I don’t walk around telling people which category they’re in — but I do think about it for the sake of my mental well-being.
If I have too many draining people in my life, I become burdened, tired, and stressed.
If I only spend time with those who fill me up, I might be hogging them from others who need them too.It’s not about being judgmental or elitist.
It’s about caring for yourself so you can actually care for others.Even Jesus didn’t give equal time to everyone.
He spent some time with the crowds, more time with His disciples, even more with Peter, James and John — and even more again with John alone.We all have limited relational capacity.
So make sure you choose your relationships wisely.
Let’s Talk
Let’s be honest — not everyone in your life is good for your soul.
Some people inspire you, challenge you and draw you closer to God.
Others leave you feeling angry, on edge, anxious, annoyed or guilty for simply having boundaries.
But here’s the truth: You’re not called to be everyone’s emotional sponge.
Jesus was love personified, but even He set boundaries.
He withdrew from the crowd.
He walked away from arguments.
He said “no” without apology.
He invested most deeply in the few who would carry the mission forward.
That’s not selfish — it’s strategic love.
Your soul needs space to breathe.
And your calling needs clarity about who’s walking with you and who’s just watching from the sidelines.

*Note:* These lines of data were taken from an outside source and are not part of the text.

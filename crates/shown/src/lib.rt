// What one subject, a crew or the query's person, shows to a rule's terms: its flags, and what one fact more adds to them.

#![tactic(auto)]

ghost use Rattle.std.specs.Prelude.{◌≡◌, false, ◌||◌, ◌+◌, ◌<◌, length, get_or};
ghost use Rattle.shown.specs.Inner.Shown.{touches, Extended, ExtendedAt, Falls, Raised};
ghost use Rattle.widths.specs.Inner.Widths.{level_size, higher_at, flags_size, table_size};

use widths::{HIGHER_AT, LEVEL_SIZE, VALUES_SIZE};

// What the fact `f` adds at the place 320 + `k`: a value, the flags of itself and of the lower values of its attribute; a membership, that of a value
// where its crew hands on this value or a higher one.
fn touch_higher(table: &[bool], f: usize, k: usize) -> bool
    requires { (f < level_size) × ((k < 128) × (length table.now ≡ table_size)) }
    ensures { result ≡ touches table.now f (higher_at + k) }
{
    if f < VALUES_SIZE {
        return (k / 16 == f / 16) & (k <= f);
    }
    let row = LEVEL_SIZE * (f - VALUES_SIZE);
    table[row + k..row + 16 * (k / 16) + 16].contains(&true)
}

// What the fact `f` adds at the place `k`.
fn touch(table: &[bool], f: usize, k: usize) -> bool
    requires { (f < level_size) × ((k < flags_size) × (length table.now ≡ table_size)) }
    ensures { result ≡ touches table.now f k }
{
    if k < LEVEL_SIZE {
        return k == f;
    }
    if HIGHER_AT <= k {
        return touch_higher(table, f, k - HIGHER_AT);
    }
    k - LEVEL_SIZE == f
        || f >= VALUES_SIZE && table[LEVEL_SIZE * (f - VALUES_SIZE) + (k - LEVEL_SIZE)]
}

// Whether `x` with the fact `f` put in shows the place `k`.
pub fn lit(table: &[bool], f: usize, k: usize, x: &[bool]) -> bool
    requires { (f < level_size) × ((k < flags_size) × ((length x.now ≡ flags_size) × (length table.now ≡ table_size))) }
    ensures { result ≡ get_or x.now k false || touches table.now f k }
{
    x[k] || touch(table, f, k)
}

// Writes the flags of attribute `a` from place 320 on: from its highest value downwards, whether the value or a higher one is effective.
fn extend_attribute(a: usize, x: &mut [bool])
    requires { (a < 8) × (length x.old ≡ flags_size) }
    ensures { ExtendedAt a x.old x.new }
{
    let mut on = false;
    for v in (0..16).rev() {
        on |= x[LEVEL_SIZE + (16 * a + v)];
        x[HIGHER_AT + (16 * a + v)] = on;
    }
}

// Writes the flags from place 320 on, attribute by attribute.
pub fn extend(x: &mut [bool])
    requires { length x.old ≡ flags_size }
    ensures { Extended x.old x.new }
{
    for a in 0..8 {
        extend_attribute(a, x);
    }
}

// Sets the flags of the value `f` and of the lower values of its attribute, from place 320 on. Where one stands, those of the lower values do.
pub fn raise(f: usize, x: &mut [bool])
    requires { (f < 128) × Falls x.old }
    ensures { Raised f x.old x.new }
{
    for k in (16 * (f / 16)..f + 1).rev() {
        if x[HIGHER_AT + k] {
            return;
        }
        x[HIGHER_AT + k] = true;
    }
}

This isn’t about cutting people off recklessly. It’s about being wise with your energy, your time, and your peace because loving people well doesn’t mean giving everyone unlimited access to you.
Scripture
“Jesus often withdrew to lonely places and prayed.”
— Luke 5:16 (NIV)
“Above all else, guard your heart, for everything you do flows from it.”
— Proverbs 4:23 (NIV)
Mental Health Moment
Boundaries aren’t just about saying no — they’re about saying yes to the kind of life your soul can actually sustain.
Without them, we risk burnout, resentment, emotional exhaustion — or worse, losing ourselves trying to manage everyone else’s emotions.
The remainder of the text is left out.